Stored data
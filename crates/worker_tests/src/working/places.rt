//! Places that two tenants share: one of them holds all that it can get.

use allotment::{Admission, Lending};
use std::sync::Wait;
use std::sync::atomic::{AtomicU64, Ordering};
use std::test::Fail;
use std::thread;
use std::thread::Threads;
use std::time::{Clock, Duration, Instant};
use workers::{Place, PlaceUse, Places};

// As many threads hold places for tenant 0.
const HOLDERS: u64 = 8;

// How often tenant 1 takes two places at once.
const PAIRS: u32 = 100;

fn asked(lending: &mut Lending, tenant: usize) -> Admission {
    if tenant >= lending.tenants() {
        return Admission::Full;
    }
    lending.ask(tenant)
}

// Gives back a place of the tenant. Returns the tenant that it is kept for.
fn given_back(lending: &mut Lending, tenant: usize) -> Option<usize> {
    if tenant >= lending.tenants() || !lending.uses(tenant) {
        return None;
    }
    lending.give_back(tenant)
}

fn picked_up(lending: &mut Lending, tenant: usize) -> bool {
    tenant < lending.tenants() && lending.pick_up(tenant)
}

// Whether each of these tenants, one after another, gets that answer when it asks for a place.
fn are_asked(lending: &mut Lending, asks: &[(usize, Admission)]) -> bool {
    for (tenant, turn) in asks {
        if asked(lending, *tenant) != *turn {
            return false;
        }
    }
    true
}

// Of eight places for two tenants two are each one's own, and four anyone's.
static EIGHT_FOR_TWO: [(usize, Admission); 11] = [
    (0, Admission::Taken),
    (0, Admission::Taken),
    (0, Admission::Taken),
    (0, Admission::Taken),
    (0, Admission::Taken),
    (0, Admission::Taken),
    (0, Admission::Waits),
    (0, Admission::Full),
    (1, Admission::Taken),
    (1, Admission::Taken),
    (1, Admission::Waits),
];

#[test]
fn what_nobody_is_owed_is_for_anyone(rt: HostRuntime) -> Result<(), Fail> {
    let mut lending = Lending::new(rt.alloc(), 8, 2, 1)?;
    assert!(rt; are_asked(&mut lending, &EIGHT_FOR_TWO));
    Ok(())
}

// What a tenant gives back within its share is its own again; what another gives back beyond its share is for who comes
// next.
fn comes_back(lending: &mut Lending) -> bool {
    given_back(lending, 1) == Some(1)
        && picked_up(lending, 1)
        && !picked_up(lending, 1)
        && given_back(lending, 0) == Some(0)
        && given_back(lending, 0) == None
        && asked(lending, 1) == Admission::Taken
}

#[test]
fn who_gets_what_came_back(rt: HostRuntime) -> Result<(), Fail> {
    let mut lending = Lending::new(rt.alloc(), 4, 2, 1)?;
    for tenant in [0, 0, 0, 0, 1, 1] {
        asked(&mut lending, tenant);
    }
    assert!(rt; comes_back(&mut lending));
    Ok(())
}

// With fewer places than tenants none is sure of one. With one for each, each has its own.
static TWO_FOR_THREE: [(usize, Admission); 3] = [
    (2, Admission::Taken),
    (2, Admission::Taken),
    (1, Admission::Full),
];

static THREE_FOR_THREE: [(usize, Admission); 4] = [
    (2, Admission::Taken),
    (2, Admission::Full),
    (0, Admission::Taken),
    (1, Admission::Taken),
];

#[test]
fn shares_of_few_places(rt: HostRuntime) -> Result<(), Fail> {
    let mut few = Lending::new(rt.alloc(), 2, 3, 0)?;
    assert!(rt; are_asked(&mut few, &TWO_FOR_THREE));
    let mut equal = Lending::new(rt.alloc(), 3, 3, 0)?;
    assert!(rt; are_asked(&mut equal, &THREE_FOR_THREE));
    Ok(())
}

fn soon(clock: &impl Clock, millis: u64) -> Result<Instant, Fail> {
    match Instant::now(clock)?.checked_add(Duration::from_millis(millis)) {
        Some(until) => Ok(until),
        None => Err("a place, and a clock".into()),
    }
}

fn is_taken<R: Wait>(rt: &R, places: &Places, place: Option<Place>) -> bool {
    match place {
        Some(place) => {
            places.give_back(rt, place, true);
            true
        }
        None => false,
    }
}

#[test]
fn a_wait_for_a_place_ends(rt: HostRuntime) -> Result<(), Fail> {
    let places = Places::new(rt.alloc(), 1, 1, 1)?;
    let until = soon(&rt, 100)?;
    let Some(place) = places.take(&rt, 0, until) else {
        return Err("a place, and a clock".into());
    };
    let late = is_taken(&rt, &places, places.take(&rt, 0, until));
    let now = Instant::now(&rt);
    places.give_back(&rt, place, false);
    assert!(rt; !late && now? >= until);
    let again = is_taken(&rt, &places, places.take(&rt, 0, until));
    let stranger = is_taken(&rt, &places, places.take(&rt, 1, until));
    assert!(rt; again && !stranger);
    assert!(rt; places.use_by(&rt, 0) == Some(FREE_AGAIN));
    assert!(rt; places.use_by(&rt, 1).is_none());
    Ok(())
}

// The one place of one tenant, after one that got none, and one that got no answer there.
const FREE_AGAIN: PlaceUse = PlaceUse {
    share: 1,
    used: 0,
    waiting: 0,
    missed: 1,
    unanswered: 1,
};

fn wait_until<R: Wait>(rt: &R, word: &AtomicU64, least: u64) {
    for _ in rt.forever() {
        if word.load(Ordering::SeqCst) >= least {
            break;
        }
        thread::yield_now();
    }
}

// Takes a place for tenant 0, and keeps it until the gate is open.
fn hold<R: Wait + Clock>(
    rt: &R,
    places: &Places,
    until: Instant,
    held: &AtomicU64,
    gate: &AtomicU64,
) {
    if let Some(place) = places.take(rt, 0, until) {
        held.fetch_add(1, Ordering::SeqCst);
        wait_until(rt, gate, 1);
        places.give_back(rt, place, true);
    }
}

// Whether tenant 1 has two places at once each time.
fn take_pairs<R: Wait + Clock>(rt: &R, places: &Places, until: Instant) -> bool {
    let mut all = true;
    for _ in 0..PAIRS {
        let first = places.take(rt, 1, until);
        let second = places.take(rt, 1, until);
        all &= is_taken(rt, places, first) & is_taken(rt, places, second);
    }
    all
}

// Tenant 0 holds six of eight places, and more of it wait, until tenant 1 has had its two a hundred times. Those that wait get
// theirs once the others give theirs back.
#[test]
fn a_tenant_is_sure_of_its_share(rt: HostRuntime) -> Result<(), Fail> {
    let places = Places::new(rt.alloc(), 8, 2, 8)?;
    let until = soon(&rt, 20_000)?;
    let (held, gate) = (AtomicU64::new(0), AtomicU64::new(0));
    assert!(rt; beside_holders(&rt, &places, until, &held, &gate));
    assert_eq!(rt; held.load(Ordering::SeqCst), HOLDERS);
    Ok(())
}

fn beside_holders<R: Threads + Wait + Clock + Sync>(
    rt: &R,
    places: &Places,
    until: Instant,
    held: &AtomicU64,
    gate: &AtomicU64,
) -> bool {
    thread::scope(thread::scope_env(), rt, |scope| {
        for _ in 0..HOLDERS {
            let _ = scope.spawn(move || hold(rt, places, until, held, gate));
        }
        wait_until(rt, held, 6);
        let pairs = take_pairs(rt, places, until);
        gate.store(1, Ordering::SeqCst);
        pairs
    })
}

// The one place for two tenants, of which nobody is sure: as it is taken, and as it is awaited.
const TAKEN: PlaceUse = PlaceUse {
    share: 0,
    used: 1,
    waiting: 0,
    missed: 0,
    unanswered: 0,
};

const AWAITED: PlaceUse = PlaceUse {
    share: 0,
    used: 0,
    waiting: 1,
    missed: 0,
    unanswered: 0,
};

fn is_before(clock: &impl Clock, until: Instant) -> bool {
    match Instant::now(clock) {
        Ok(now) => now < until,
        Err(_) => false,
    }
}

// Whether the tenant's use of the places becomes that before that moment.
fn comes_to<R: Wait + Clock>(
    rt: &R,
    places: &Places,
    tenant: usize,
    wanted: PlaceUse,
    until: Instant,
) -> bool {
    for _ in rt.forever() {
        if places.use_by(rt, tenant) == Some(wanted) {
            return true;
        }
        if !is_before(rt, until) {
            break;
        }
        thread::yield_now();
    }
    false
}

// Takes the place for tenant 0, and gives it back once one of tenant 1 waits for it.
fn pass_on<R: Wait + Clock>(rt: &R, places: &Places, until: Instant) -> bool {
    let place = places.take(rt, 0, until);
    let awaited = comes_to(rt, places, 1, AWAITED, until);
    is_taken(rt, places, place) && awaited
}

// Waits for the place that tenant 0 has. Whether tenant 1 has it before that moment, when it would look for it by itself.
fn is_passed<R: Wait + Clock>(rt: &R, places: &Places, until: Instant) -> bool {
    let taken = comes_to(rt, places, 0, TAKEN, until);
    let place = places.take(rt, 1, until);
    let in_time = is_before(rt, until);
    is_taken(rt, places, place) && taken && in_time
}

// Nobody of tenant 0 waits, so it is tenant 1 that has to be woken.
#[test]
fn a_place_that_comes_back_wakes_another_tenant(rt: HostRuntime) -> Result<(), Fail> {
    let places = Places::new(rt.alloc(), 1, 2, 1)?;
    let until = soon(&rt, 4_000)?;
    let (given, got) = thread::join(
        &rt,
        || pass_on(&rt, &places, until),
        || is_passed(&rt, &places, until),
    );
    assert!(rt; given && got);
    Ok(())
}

_What you are asked to do_
Determine how many lines of the data above contain the string "Result", and answer with the number only.

_Solution_
7